Provided data →
========

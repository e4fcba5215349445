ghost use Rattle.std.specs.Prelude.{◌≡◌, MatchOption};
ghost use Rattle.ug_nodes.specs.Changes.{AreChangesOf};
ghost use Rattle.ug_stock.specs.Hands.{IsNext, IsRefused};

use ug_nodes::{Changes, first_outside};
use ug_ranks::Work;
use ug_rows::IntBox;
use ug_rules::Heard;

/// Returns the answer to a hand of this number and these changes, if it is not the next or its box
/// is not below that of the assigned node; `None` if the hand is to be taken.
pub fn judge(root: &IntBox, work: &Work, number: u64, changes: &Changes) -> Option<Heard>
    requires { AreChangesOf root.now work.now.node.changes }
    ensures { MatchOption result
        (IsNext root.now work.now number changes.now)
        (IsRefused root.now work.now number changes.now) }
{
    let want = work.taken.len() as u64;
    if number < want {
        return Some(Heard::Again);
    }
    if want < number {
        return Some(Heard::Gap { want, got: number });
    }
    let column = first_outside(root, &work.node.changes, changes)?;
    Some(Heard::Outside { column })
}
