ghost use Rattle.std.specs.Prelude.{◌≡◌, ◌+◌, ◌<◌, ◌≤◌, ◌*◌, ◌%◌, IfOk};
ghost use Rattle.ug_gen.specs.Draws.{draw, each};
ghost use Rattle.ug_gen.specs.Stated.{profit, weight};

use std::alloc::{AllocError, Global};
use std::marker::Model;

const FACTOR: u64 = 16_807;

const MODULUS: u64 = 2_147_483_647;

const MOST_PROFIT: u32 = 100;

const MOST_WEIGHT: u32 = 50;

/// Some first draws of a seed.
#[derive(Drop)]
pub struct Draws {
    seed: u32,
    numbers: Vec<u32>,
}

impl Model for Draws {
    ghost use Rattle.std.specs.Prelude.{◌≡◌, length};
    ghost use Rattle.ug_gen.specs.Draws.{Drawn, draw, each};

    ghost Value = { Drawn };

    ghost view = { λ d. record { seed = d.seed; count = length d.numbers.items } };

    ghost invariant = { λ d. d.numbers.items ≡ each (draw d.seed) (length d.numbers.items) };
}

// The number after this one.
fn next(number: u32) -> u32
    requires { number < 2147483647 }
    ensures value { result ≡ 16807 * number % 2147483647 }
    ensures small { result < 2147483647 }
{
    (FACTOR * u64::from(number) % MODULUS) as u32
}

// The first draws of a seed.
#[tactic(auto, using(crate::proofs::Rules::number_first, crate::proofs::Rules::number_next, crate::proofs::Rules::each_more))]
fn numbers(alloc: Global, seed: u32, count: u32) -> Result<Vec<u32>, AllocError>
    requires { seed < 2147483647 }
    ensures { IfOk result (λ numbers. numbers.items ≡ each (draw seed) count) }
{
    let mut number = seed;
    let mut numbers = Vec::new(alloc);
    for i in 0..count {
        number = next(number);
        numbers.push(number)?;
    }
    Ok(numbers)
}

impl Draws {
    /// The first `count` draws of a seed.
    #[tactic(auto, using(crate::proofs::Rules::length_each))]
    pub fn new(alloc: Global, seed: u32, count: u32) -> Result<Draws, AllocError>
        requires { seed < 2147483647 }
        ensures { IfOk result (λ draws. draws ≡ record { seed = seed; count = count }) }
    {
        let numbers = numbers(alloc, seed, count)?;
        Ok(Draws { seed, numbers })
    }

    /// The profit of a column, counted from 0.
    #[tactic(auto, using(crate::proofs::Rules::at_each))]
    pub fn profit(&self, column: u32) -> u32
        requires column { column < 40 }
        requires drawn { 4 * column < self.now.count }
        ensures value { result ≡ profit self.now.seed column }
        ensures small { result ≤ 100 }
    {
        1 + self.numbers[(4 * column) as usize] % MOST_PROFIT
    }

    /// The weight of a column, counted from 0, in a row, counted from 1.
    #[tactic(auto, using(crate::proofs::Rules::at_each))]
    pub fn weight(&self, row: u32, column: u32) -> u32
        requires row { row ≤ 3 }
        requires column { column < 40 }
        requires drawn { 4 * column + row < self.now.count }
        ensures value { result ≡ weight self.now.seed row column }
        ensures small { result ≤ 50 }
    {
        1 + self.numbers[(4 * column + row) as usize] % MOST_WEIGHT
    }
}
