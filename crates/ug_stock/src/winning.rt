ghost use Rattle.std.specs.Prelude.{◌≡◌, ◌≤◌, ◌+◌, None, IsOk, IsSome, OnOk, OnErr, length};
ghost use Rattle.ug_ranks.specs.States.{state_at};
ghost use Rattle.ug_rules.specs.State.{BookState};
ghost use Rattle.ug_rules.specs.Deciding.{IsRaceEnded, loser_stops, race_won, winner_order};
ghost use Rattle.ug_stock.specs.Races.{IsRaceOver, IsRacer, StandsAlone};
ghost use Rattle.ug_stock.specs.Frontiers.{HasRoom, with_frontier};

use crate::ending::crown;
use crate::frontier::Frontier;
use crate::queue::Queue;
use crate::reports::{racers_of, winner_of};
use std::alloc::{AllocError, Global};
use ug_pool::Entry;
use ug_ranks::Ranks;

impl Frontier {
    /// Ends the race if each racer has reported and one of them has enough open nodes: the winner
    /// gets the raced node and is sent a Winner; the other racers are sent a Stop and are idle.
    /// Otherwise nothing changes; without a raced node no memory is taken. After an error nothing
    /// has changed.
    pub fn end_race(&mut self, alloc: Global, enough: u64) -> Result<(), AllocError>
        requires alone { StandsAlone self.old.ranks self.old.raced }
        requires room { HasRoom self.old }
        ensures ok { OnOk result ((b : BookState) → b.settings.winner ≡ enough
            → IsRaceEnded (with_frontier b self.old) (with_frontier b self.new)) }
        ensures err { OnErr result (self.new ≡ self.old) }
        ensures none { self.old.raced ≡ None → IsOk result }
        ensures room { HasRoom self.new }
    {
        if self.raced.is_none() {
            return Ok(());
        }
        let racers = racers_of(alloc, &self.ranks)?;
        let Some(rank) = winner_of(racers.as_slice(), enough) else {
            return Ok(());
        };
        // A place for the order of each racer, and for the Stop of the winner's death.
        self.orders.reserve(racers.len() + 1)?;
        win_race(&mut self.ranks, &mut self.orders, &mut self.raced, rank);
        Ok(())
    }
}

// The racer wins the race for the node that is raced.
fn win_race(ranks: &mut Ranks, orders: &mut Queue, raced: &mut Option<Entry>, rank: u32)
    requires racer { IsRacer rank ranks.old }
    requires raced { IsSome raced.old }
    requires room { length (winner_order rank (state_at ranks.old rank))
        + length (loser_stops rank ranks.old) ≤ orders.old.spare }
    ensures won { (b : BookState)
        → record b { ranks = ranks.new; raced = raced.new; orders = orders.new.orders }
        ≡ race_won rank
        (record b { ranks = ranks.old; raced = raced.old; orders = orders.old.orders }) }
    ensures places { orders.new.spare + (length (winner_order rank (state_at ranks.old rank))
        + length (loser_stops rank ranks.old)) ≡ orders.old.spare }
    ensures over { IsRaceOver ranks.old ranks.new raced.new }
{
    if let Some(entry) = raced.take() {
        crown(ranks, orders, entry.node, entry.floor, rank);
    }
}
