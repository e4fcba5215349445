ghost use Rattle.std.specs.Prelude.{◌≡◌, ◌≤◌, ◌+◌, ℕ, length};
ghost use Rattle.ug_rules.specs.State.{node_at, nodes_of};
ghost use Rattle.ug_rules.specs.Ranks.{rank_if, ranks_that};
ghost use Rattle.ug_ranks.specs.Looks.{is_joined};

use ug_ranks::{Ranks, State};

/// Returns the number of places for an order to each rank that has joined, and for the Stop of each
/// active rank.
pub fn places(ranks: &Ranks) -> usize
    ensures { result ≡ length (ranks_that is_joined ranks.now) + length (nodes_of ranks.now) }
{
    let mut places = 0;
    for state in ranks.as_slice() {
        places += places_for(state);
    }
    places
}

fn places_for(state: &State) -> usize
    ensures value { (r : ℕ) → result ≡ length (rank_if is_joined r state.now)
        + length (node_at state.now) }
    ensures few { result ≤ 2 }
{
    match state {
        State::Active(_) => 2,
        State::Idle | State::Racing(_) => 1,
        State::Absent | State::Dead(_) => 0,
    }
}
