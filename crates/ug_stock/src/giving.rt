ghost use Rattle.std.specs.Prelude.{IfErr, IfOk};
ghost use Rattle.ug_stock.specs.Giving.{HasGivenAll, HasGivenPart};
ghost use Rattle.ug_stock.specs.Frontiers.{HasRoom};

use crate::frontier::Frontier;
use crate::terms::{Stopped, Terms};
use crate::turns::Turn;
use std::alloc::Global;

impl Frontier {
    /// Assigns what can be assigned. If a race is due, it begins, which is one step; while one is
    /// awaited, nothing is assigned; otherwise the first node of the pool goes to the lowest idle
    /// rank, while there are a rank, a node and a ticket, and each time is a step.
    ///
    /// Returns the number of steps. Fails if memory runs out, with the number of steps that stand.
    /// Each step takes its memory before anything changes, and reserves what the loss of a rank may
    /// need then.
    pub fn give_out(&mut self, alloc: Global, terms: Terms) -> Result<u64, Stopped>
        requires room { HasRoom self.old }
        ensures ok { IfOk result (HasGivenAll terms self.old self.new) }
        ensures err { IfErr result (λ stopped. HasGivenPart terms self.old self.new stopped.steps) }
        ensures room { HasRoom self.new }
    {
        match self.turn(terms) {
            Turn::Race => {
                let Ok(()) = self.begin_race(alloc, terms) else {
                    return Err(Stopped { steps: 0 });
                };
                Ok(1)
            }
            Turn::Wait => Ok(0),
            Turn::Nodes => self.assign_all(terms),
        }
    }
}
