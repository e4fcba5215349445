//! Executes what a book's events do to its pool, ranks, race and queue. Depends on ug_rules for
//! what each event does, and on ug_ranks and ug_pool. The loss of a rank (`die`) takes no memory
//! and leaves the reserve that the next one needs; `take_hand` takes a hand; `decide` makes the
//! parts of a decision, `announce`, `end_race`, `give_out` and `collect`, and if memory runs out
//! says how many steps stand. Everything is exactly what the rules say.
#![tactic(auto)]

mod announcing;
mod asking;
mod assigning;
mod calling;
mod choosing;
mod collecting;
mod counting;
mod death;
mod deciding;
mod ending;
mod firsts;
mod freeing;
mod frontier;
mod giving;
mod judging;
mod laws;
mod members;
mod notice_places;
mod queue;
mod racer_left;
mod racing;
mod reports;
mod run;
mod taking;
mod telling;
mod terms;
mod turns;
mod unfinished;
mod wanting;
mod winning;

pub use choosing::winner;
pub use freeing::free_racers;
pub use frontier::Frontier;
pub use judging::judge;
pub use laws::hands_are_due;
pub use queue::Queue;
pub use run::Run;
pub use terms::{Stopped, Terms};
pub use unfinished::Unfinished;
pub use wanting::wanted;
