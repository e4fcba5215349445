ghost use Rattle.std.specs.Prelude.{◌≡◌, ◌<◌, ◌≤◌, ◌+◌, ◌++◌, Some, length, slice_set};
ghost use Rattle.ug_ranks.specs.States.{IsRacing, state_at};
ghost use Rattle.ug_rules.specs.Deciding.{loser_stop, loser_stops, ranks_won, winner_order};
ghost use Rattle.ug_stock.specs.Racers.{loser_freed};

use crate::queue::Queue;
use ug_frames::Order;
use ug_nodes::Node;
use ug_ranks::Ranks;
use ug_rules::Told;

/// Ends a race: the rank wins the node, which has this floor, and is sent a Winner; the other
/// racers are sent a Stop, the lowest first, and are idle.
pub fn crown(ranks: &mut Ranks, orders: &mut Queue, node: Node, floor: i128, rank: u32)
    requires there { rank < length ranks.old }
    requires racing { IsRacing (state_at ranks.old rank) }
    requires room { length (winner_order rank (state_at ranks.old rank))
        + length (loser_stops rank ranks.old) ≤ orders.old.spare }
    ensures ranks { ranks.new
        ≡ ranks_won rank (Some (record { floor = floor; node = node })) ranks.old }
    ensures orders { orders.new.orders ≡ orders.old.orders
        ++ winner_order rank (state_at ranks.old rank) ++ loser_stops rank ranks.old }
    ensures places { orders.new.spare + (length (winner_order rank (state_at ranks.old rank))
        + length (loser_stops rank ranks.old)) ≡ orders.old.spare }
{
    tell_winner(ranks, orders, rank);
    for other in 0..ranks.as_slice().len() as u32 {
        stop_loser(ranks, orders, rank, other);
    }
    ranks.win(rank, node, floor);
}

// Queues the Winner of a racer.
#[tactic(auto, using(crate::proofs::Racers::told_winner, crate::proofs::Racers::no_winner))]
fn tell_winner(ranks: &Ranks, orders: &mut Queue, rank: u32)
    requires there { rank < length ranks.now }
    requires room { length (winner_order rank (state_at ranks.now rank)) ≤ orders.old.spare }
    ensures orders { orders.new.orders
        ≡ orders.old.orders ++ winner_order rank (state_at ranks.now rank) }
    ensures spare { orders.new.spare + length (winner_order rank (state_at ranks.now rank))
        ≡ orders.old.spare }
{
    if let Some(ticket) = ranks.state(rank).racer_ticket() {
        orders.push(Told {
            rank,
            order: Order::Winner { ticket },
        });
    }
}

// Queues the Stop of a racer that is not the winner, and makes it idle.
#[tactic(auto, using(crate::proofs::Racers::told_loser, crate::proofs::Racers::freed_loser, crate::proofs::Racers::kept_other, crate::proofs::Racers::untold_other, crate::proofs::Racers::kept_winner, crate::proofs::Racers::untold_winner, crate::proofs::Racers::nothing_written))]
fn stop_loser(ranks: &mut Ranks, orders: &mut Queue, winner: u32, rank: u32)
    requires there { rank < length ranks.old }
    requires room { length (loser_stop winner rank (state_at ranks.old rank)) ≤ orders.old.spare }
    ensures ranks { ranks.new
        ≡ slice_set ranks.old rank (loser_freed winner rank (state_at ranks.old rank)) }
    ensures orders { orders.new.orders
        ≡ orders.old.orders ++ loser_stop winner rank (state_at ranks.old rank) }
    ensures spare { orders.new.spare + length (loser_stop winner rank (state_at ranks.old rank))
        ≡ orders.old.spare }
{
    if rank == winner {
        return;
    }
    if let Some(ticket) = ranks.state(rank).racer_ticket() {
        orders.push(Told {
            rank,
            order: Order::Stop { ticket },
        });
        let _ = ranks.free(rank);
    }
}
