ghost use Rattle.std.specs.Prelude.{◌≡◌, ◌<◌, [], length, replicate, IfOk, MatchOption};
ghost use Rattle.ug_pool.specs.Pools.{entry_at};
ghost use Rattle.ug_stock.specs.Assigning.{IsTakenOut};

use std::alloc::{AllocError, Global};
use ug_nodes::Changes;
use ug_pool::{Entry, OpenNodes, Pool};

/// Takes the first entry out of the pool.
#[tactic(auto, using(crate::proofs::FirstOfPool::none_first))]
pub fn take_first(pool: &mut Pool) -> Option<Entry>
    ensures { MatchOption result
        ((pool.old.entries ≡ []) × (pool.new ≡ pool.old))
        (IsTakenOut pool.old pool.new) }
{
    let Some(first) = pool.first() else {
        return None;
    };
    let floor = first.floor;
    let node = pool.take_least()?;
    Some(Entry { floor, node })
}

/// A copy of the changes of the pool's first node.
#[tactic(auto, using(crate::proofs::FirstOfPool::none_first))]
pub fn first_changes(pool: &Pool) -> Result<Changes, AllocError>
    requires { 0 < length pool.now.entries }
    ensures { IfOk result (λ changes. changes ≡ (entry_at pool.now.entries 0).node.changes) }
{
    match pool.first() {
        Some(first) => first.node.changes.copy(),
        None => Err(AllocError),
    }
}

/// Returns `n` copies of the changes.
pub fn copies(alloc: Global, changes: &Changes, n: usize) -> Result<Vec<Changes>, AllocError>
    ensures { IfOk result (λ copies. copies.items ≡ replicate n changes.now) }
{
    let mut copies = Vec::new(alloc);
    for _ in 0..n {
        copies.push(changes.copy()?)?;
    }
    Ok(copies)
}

========

Work required → A single number is the answer here: how many lines above carry the string "impl"?

Task output → 4